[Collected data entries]
***
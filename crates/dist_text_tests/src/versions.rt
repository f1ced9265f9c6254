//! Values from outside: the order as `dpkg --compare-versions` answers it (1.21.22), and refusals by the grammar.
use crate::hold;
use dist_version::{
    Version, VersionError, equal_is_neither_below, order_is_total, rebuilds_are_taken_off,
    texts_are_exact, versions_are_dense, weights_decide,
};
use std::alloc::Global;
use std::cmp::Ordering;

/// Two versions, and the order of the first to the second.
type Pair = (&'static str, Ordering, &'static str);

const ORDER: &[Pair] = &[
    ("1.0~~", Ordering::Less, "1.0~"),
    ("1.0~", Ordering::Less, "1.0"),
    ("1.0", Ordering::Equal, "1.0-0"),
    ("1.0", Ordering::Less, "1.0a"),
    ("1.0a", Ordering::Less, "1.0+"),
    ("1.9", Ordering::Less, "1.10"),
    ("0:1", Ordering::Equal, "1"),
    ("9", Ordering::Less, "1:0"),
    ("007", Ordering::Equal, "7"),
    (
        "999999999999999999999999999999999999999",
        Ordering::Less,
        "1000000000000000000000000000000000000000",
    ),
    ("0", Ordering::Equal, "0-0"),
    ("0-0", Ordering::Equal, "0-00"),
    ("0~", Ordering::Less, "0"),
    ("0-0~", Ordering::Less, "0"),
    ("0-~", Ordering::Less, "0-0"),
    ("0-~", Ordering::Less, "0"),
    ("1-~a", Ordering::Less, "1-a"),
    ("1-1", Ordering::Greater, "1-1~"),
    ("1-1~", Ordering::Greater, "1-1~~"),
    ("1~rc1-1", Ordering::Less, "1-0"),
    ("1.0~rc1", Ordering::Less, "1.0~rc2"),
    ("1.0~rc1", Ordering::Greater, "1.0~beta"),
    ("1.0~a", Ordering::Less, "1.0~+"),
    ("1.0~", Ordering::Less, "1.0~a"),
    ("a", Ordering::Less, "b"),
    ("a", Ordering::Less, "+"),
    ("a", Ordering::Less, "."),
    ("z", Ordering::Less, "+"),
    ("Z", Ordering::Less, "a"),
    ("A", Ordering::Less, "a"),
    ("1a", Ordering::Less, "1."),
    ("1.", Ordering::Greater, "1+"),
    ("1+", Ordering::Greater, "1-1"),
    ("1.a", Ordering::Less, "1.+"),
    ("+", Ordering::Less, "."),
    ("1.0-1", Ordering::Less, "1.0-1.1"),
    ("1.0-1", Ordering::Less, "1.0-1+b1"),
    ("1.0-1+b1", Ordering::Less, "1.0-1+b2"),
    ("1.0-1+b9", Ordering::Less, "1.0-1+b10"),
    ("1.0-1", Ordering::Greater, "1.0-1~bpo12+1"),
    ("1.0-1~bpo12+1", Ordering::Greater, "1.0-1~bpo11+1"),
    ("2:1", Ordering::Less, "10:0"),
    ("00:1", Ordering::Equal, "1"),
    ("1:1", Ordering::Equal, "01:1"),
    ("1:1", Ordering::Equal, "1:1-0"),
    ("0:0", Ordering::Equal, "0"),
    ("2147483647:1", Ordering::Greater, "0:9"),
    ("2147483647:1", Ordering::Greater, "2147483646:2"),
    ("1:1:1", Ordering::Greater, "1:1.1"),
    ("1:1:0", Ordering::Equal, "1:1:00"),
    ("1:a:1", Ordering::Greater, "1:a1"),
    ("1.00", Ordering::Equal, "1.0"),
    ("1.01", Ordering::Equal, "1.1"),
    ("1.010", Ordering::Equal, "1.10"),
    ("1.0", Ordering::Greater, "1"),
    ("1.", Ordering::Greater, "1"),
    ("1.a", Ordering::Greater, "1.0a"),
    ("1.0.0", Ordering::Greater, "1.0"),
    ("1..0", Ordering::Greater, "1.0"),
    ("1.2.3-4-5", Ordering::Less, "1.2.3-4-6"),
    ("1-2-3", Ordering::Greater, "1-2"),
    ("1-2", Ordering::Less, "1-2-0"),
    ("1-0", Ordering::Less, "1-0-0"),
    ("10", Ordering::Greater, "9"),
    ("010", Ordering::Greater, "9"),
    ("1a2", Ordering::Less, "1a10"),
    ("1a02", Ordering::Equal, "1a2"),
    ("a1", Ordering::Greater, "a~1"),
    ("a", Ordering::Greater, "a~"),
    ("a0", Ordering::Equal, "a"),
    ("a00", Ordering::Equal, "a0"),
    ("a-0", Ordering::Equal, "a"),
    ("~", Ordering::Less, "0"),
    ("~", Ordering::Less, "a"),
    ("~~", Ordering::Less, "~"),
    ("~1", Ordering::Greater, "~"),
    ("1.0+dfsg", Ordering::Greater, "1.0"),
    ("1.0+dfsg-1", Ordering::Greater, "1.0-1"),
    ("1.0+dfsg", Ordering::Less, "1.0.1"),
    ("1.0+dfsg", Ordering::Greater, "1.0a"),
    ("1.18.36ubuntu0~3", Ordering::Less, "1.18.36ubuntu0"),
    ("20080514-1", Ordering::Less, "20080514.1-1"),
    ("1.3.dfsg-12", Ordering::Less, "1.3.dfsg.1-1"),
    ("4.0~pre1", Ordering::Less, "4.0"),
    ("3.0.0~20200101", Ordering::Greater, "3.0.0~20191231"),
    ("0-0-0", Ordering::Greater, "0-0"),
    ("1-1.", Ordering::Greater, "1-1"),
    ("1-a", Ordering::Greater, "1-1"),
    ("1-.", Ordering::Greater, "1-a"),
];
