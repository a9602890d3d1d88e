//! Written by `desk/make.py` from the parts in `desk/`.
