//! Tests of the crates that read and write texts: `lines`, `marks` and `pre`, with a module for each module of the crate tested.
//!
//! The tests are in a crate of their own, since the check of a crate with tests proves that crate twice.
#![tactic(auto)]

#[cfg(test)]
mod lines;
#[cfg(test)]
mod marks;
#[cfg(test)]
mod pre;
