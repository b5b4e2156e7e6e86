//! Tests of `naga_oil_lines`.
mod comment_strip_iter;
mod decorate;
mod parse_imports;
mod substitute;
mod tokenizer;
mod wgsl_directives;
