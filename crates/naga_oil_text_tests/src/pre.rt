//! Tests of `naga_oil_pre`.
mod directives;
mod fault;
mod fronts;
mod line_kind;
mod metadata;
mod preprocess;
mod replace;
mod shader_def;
***
== What to work on ==
Exactly what appears above must be set down again in full.

== Response box ==
filename crates/dist_text_tests/src/versions.rt
repository f1ced9265f9c6254
//! Values from outside: the order as `dpkg --compare-versions` answers it (1.21.22), and refusals by the grammar.
use crate::hold;
use dist_version::{
    Version, VersionError, equal_is_neither_below, order_is_total, rebuilds_are_taken_off,
    texts_are_exact, versions_are_dense, weights_decide,
};
use std::alloc::Global;
use std::cmp::Ordering;

/// Two versions, and the order of the first to the second.
type Pair = (&'static str, Ordering, &'static str);

const ORDER: &[Pair] = &[
    ("1.0~~", Ordering::Less, "1.0~"),
    ("1.0~", Ordering::Less, "1.0"),
    ("1.0", Ordering::Equal, "1.0-0"),
    ("1.0", Ordering::Less, "1.0a"),
    ("1.0a", Ordering::Less, "1.0+"),
    ("1.9", Ordering::Less, "1.10"),
    ("0:1", Ordering::Equal, "1"),
    ("9", Ordering::Less, "1:0"),
    ("007", Ordering::Equal, "7"),
    (
        "999999999999999999999999999999999999999",
        Ordering::Less,
        "1000000000000000000000000000000000000000",
    ),
    ("0", Ordering::Equal, "0-0"),
    ("0-0", Ordering::Equal, "0-00"),
    ("0~", Ordering::Less, "0"),
    ("0-0~", Ordering::Less, "0"),
    ("0-~", Ordering::Less, "0-0"),
    ("0-~", Ordering::Less, "0"),
    ("1-~a", Ordering::Less, "1-a"),
    ("1-1", Ordering::Greater, "1-1~"),
    ("1-1~", Ordering::Greater, "1-1~~"),
    ("1~rc1-1", Ordering::Less, "1-0"),
    ("1.0~rc1", Ordering::Less, "1.0~rc2"),
    ("1.0~rc1", Ordering::Greater, "1.0~beta"),
    ("1.0~a", Ordering::Less, "1.0~+"),
    ("1.0~", Ordering::Less, "1.0~a"),
    ("a", Ordering::Less, "b"),
    ("a", Ordering::Less, "+"),
    ("a", Ordering::Less, "."),
    ("z", Ordering::Less, "+"),
    ("Z", Ordering::Less, "a"),
    ("A", Ordering::Less, "a"),
    ("1a", Ordering::Less, "1."),
    ("1.", Ordering::Greater, "1+"),
    ("1+", Ordering::Greater, "1-1"),
    ("1.a", Ordering::Less, "1.+"),
    ("+", Ordering::Less, "."),
    ("1.0-1", Ordering::Less, "1.0-1.1"),
    ("1.0-1", Ordering::Less, "1.0-1+b1"),
    ("1.0-1+b1", Ordering::Less, "1.0-1+b2"),
    ("1.0-1+b9", Ordering::Less, "1.0-1+b10"),
    ("1.0-1", Ordering::Greater, "1.0-1~bpo12+1"),
    ("1.0-1~bpo12+1", Ordering::Greater, "1.0-1~bpo11+1"),
    ("2:1", Ordering::Less, "10:0"),
    ("00:1", Ordering::Equal, "1"),
    ("1:1", Ordering::Equal, "01:1"),
    ("1:1", Ordering::Equal, "1:1-0"),
    ("0:0", Ordering::Equal, "0"),
    ("2147483647:1", Ordering::Greater, "0:9"),
    ("2147483647:1", Ordering::Greater, "2147483646:2"),
    ("1:1:1", Ordering::Greater, "1:1.1"),
    ("1:1:0", Ordering::Equal, "1:1:00"),
    ("1:a:1", Ordering::Greater, "1:a1"),
    ("1.00", Ordering::Equal, "1.0"),
    ("1.01", Ordering::Equal, "1.1"),
    ("1.010", Ordering::Equal, "1.10"),
    ("1.0", Ordering::Greater, "1"),
    ("1.", Ordering::Greater, "1"),
    ("1.a", Ordering::Greater, "1.0a"),
    ("1.0.0", Ordering::Greater, "1.0"),
    ("1..0", Ordering::Greater, "1.0"),
    ("1.2.3-4-5", Ordering::Less, "1.2.3-4-6"),
    ("1-2-3", Ordering::Greater, "1-2"),
    ("1-2", Ordering::Less, "1-2-0"),
    ("1-0", Ordering::Less, "1-0-0"),
    ("10", Ordering::Greater, "9"),
    ("010", Ordering::Greater, "9"),
    ("1a2", Ordering::Less, "1a10"),
    ("1a02", Ordering::Equal, "1a2"),
    ("a1", Ordering::Greater, "a~1"),
    ("a", Ordering::Greater, "a~"),
    ("a0", Ordering::Equal, "a"),
    ("a00", Ordering::Equal, "a0"),
    ("a-0", Ordering::Equal, "a"),
    ("~", Ordering::Less, "0"),
    ("~", Ordering::Less, "a"),
    ("~~", Ordering::Less, "~"),
    ("~1", Ordering::Greater, "~"),
    ("1.0+dfsg", Ordering::Greater, "1.0"),
    ("1.0+dfsg-1", Ordering::Greater, "1.0-1"),
    ("1.0+dfsg", Ordering::Less, "1.0.1"),
    ("1.0+dfsg", Ordering::Greater, "1.0a"),
    ("1.18.36ubuntu0~3", Ordering::Less, "1.18.36ubuntu0"),
    ("20080514-1", Ordering::Less, "20080514.1-1"),
    ("1.3.dfsg-12", Ordering::Less, "1.3.dfsg.1-1"),
    ("4.0~pre1", Ordering::Less, "4.0"),
    ("3.0.0~20200101", Ordering::Greater, "3.0.0~20191231"),
    ("0-0-0", Ordering::Greater, "0-0"),
    ("1-1.", Ordering::Greater, "1-1"),
    ("1-a", Ordering::Greater, "1-1"),
    ("1-.", Ordering::Greater, "1-a"),
];
repository a9602890d3d1d88e
//! Written by `desk/make.py` from the parts in `desk/`.
//! Tests of the crates that read and write texts: `lines`, `marks` and `pre`, with a module for each module of the crate tested.
//!
//! The tests are in a crate of their own, since the check of a crate with tests proves that crate twice.
#![tactic(auto)]

#[cfg(test)]
mod lines;
#[cfg(test)]
mod marks;
#[cfg(test)]
mod pre;
repository b5b4e2156e7e6e86
//! Tests of `naga_oil_lines`.
mod comment_strip_iter;
mod decorate;
mod parse_imports;
mod substitute;
mod tokenizer;
mod wgsl_directives;
filename crates/naga_oil_text_tests/src/pre.rt
//! Tests of `naga_oil_pre`.
mod directives;
mod fault;
mod fronts;
mod line_kind;
mod metadata;
mod preprocess;
mod replace;
mod shader_def;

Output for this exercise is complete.